The other day I was searching the digital archives of the New York Times. ProQuest had conveniently broken the entire paper up into individual articles and provided them as PDF files. Newspapers, however, don?t work this way. When looking at the front page I'm interested in the entire gestalt: the articles, the headlines, the sidebars, and the pull quotes. What's far more interesting than the individual articles is the proximity of their headlines. A weekend paper with 12 related articles crammed onto the front page would likely be a far better information source than a paper with 13 related articles spread over 10 sections.
To this extent, Salton's concept of passage searching seems quite intriguing. While Salton suggest ignoring the bounds of a document by constructing weighting vectors on individual paragraphs, I suggest ignoring the bounds of a document by constructing vectors based on page proximity. With the New York Times we should forget about the concept of individual articles and index everything as 3-word n-grams as things appear on a page. Forget punctuation and gutters. Focus on the words.

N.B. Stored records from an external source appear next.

impl Network {
    /// The network of these arcs among `n` vertices, each of which costs what `cost` says. The list is given back on
    /// the way. Up to `threads` threads make the rows.
    pub fn new<H: Threads + Sync>(
        rt: &H,
        alloc: Global,
        n: u32,
        arcs: Vec<ArcRec>,
        cost: Cost,
        threads: usize,
    ) -> Result<Network, NetworkFault>
        ensures network { IfOk result (IsNetworkOf n cost arcs.items) }
        ensures arcs { IfOk result (HasArcs (arcs_of cost arcs.items)) }
        ensures fault { IfErr result (IsNetworkFault n arcs.items) }
    {
        if n > MAX_VERTICES {
            return Err(NetworkFault::Vertices);
        }
        if arcs.len() > MOST_ARCS {
            return Err(NetworkFault::Arcs);
        }
        match first_outside(n, &arcs) {
            Some(place) => return Err(NetworkFault::Outside(place)),
            None => {}
        }
        Ok(Network::of_graph(rt, alloc, n, arcs, cost, threads)?)
    }

    /// Makes the network of `new` of arcs whose ends are known to be vertices, without a look at them.
    pub fn of_graph<H: Threads + Sync>(
        rt: &H,
        alloc: Global,
        n: u32,
        arcs: Vec<ArcRec>,
        cost: Cost,
        threads: usize,
    ) -> Result<Network, Memory>
        requires vertices { n ≤ MAX_VERTICES }
        requires count { length arcs.items ≤ MOST_ARCS }
        requires ends { IsGraph n arcs.items }
        requires weights { AreLight arcs.items }
        ensures network { IfOk result (IsNetworkOf n cost arcs.items) }
        ensures arcs { IfOk result (HasArcs (arcs_of cost arcs.items)) }
    {
        let rows = rows_of(rt, alloc, n, arcs, cost, threads)?;
        Ok(Network {
            rows,
            reversed: None,
            landmarks: None,
            shortcuts: None,
            cost,
            added: Vec::new(alloc),
        })
    }

    /// The network with more arcs, by the same cost. Shares nothing with this one. Keeps the list of the added arcs.
    pub fn with_arcs(&self, alloc: Global, added: &[ArcRec]) -> Result<Network, NetworkFault>
        ensures grown { IfOk result (GrowsTo self.now) }
        ensures kind { IfOk result (λ grown. grown.cost ≡ self.now.cost) }
        ensures added { IfOk result (λ grown. grown.added ≡ arcs_of self.now.cost added.now) }
        ensures fault { IfErr result (IsGrowthFault self.now added.now) }
    {
        let added = self.along(alloc, added)?;
        let rows = self.rows.changed(alloc, &[], &added)?;
        Ok(Network {
            rows,
            reversed: None,
            landmarks: None,
            shortcuts: None,
            cost: self.cost,
            added,
        })
    }

    /// Makes the network without the arcs that lead from the first vertex of a pair to the second, and with more arcs,
    /// by the same cost. All other arcs stay. The added arcs come last in each row. Shares landmarks with this one, if each
    /// added arc takes the place of a cheaper one that led between its ends as they were chosen, and else has none. Has no
    /// hierarchy.
    ///
    /// # Errors
    ///
    /// An end of an added arc is no vertex, there are too many arcs before any is removed, or memory was refused.
    pub fn changed(
        &self,
        alloc: Global,
        removed: &[(u32, u32)],
        added: &[ArcRec],
    ) -> Result<Network, NetworkFault>
        ensures arcs { (arcs : List ArcRec) → HasArcs arcs self.now
            → IfOk result (HasArcs (without removed.now arcs ++ arcs_of self.now.cost added.now)) }
        ensures network { (n : ℕ) (arcs : List ArcRec) → IsNetworkOf n Weight arcs self.now
            → IfOk result (IsNetworkOf n Weight (without removed.now arcs ++ added.now)) }
        ensures vertices { IfOk result (λ net. net.n ≡ self.now.n) }
        ensures fault { IfErr result (IsGrowthFault self.now added.now) }
    {
        let added = self.along(alloc, added)?;
        let rows = self.rows.changed(alloc, removed, &added)?;
        // Its bounds stay if no walk has become cheaper.
        let landmarks = match &self.landmarks {
            Some(told) => told.after(alloc, &self.rows, &rows, removed, &added),
            None => None,
        };
        let changes = removed.len().max(added.len());
        Ok(Network {
            rows,
            reversed: None,
            landmarks,
            shortcuts: Shortcuts::after(&self.shortcuts, changes),
            cost: self.cost,
            added: Vec::new(alloc),
        })
    }

    /// Returns the arcs that lead from one vertex to another, in the order in which they were given.
    pub fn arcs_between(&self, alloc: Global, tail: u32, head: u32) -> Result<Vec<ArcRec>, Memory>
        requires { tail < self.now.n }
        ensures arcs { (arcs : List ArcRec) → HasArcs arcs self.now
            → IfOk result (λ found. found.items ≡ filter (λ arc. leads_between arc (tail, head)) arcs) }
        ensures ends { IfOk result (λ found. IsGraph self.now.n found.items) }
    {
        let found = list_between(alloc, &self.rows, tail, head)?;
        Ok(found)
    }

    /// Returns the arcs along which costs are least of some that are to be added.
    fn along(&self, alloc: Global, added: &[ArcRec]) -> Result<Vec<ArcRec>, NetworkFault>
        ensures exact { IfOk result (λ along. along.items ≡ arcs_of self.now.cost added.now) }
        ensures ends { IfOk result (λ along. IsGraph self.now.n along.items) }
        ensures light { IfOk result (λ along. AreLight along.items) }
        ensures count { IfOk result (λ along. length self.now.arcs + length along.items ≤ MAX_ARCS) }
        ensures fault { IfErr result (IsGrowthFault self.now added.now) }
    {
        match first_outside(self.rows.n(), added) {
            Some(place) => return Err(NetworkFault::Outside(place)),
            None => {}
        }
        let along = arcs_along(alloc, self.cost, added)?;
        if self.rows.arc_count().saturating_add(along.len()) > MAX_ARCS {
            return Err(NetworkFault::Arcs);
        }
        Ok(along)
    }

    /// Makes the network of the same arcs, each of which costs what `cost` says: for a network in which each costs its
    /// weight. Shares nothing with this one. Needs a list of all arcs for a while if they cost their weights, and else
    /// none.
    ///
    /// # Errors
    ///
    /// Memory was refused, or there are more arcs than a network takes.
    pub fn by_cost<H: Threads + Sync>(
        &self,
        rt: &H,
        alloc: Global,
        cost: Cost,
        threads: usize,
    ) -> Result<Network, Memory>
        ensures network { (n : ℕ) (arcs : List ArcRec) → IsNetworkOf n Weight arcs self.now
            → IfOk result (IsNetworkOf n cost arcs) }
        ensures vertices { IfOk result (λ net. net.n ≡ self.now.n) }
    {
        if self.rows.arc_count() > MOST_ARCS {
            return Err(Memory);
        }
        let rows = rows_by(rt, alloc, &self.rows, cost, threads)?;
        Ok(Network {
            rows,
            reversed: None,
            landmarks: None,
            shortcuts: None,
            cost,
            added: Vec::new(alloc),
        })
    }

    /// The number of vertices.
    pub fn n(&self) -> u32
        ensures vertices { result ≡ self.now.n }
        ensures network { IsNetwork self.now }
    {
        self.rows.n()
    }

    /// The rows of the arcs along which costs are least.
    pub fn rows(&self) -> &Csr
        ensures { result.now ≡ graph_of self.now }
    {
        &self.rows
    }

    /// Makes the rows of the reversed arcs, so that pairs are searched from both ends. Takes the time and memory of
    /// the rows, and 12 bytes an arc for a while. Without them, as after a refusal of memory, the network serves as
    /// well.
    pub fn reverse(&mut self, alloc: Global)
        ensures { self.new ≡ self.old }
    {
        if self.reversed.is_none() {
            self.reversed = match Reversed::of(alloc, &self.rows) {
                Ok(reversed) => Some(reversed),
                Err(_) => None,
            };
        }
    }

    /// Tells if the rows of the reversed arcs were made.
    pub fn has_reversed(&self) -> bool {
        self.reversed.is_some()
    }

    /// Keeps landmarks of this network in place of those that it had, and frees the reversed rows.
    pub(crate) fn keep(&mut self, landmarks: Landmarks)
        requires { landmarks.graph ≡ graph_of self.old }
        ensures { self.new ≡ self.old }
    {
        self.reversed = None;
        self.landmarks = Some(landmarks);
    }

    /// Tells if landmarks were chosen.
    pub fn has_landmarks(&self) -> bool {
        self.landmarks.is_some()
    }

    /// The number of landmarks that it keeps.
    pub fn landmark_count(&self) -> usize {
        match &self.landmarks {
            Some(landmarks) => landmarks.len(),
            None => 0,
        }
    }

    /// The landmarks, if some were chosen.
    pub(crate) fn landmarks(&self) -> Option<&Landmarks>
        ensures { IfSome result (λ landmarks. landmarks.now.graph ≡ graph_of self.now) }
    {
        self.landmarks.as_ref()
    }

    /// Keeps a hierarchy of this network, if one could be made.
    pub(crate) fn keep_hierarchy(&mut self, hierarchy: Option<Hierarchy>)
        requires { IfSome hierarchy (λ h. h.graph ≡ graph_of self.old) }
        ensures { self.new ≡ self.old }
    {
        self.shortcuts = Some(Shortcuts { hierarchy });
    }

    /// Tells if a hierarchy was made, or given up.
    pub fn was_contracted(&self) -> bool {
        self.shortcuts.is_some()
    }

    /// Tells if it has a hierarchy.
    pub fn has_hierarchy(&self) -> bool {
        self.hierarchy().is_some()
    }

    /// The number of arcs of the hierarchy; 0 without one.
    pub fn hierarchy_arc_count(&self) -> usize {
        match self.hierarchy() {
            Some(hierarchy) => hierarchy.arc_count(),
            None => 0,
        }
    }

    /// The hierarchy, if one was made.
    pub(crate) fn hierarchy(&self) -> Option<&Hierarchy>
        ensures { IfSome result (λ hierarchy. hierarchy.now.graph ≡ graph_of self.now) }
    {
        match &self.shortcuts {
            Some(shortcuts) => shortcuts.hierarchy.as_ref(),
            None => None,
        }
    }

    /// The rows and those of the reversed arcs, if these were made.
    pub(crate) fn both_ways(&self) -> Option<BothWays<'_>>
        ensures ways { IfSome result AreBothWays }
        ensures graph { IfSome result (λ ways. ways.csr.now ≡ graph_of self.now) }
    {
        match &self.reversed {
            Some(reversed) => Some(BothWays {
                csr: &self.rows,
                reversed: &reversed.rows,
                least_weight: reversed.least_weight,
            }),
            None => None,
        }
    }
}

fn first_outside(n: u32, arcs: &[ArcRec]) -> Option<usize>
    ensures none { IfNone result (IsGraph n arcs.now) }
    ensures light { IfNone result (AreLight arcs.now) }
    ensures some { IfSome result (IsFirstOutside n arcs.now) }
{
    for (place, arc) in arcs.iter().enumerate() {
        if !is_within(n, *arc) {
            return Some(place);
        }
    }
    None
}

fn is_within(n: u32, arc: ArcRec) -> bool
    ensures within { IsTrue result ↔ IsArcBelow n arc }
    ensures light { arc.weight < 2 ^ 32 }
{
    arc.tail < n && arc.head < n
}

/// The rows of these arcs by this cost. The list is given back.
fn rows_of<H: Threads + Sync>(
    rt: &H,
    alloc: Global,
    n: u32,
    mut arcs: Vec<ArcRec>,
    cost: Cost,
    threads: usize,
) -> Result<Csr, Memory>
    requires vertices { n ≤ MAX_VERTICES }
    requires count { length arcs.items ≤ MOST_ARCS }
    requires graph { IsGraph n arcs.items }
    ensures vertices { IfOk result (λ rows. rows.n ≡ n) }
    ensures in_rows { IfOk result IsInRows }
    ensures arcs { IfOk result (λ rows. HaveSameArcs rows.arcs (arcs_of cost arcs.items)) }
    ensures rows { IfOk result (λ rows. HaveSameRows n rows.arcs (arcs_of cost arcs.items)) }
    ensures count { IfOk result (λ rows. length rows.arcs ≡ length (arcs_of cost arcs.items)) }
{
    match cost {
        Cost::Weight => Csr::build_from(rt, alloc, n, arcs, threads),
        Cost::One => {
            set_unit_weights(&mut arcs);
            Csr::build_from(rt, alloc, n, arcs, threads)
        }
        Cost::FreeBothWays => Csr::build_both_ways(rt, alloc, n, arcs, threads),
    }
}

It seems that many of our information sources are beginning to ignore the principles of the document. Are the individual documents of a discussion group important or is the entire thread important? What about the files on an SMTP server? How about a random walk of blogs? Should the blogs be counted as individual documents or should the link path of the walk count?
That said, I'm still unsure of a few comments. Clarke et al, for example, talk of "shallow (finite-state) patterns" to support a "context-free grammar and parser." What are they talking about? Another interesting concept is part of speech parsing. How it this supposed to work? What exactly is WordNet and why is it so revered?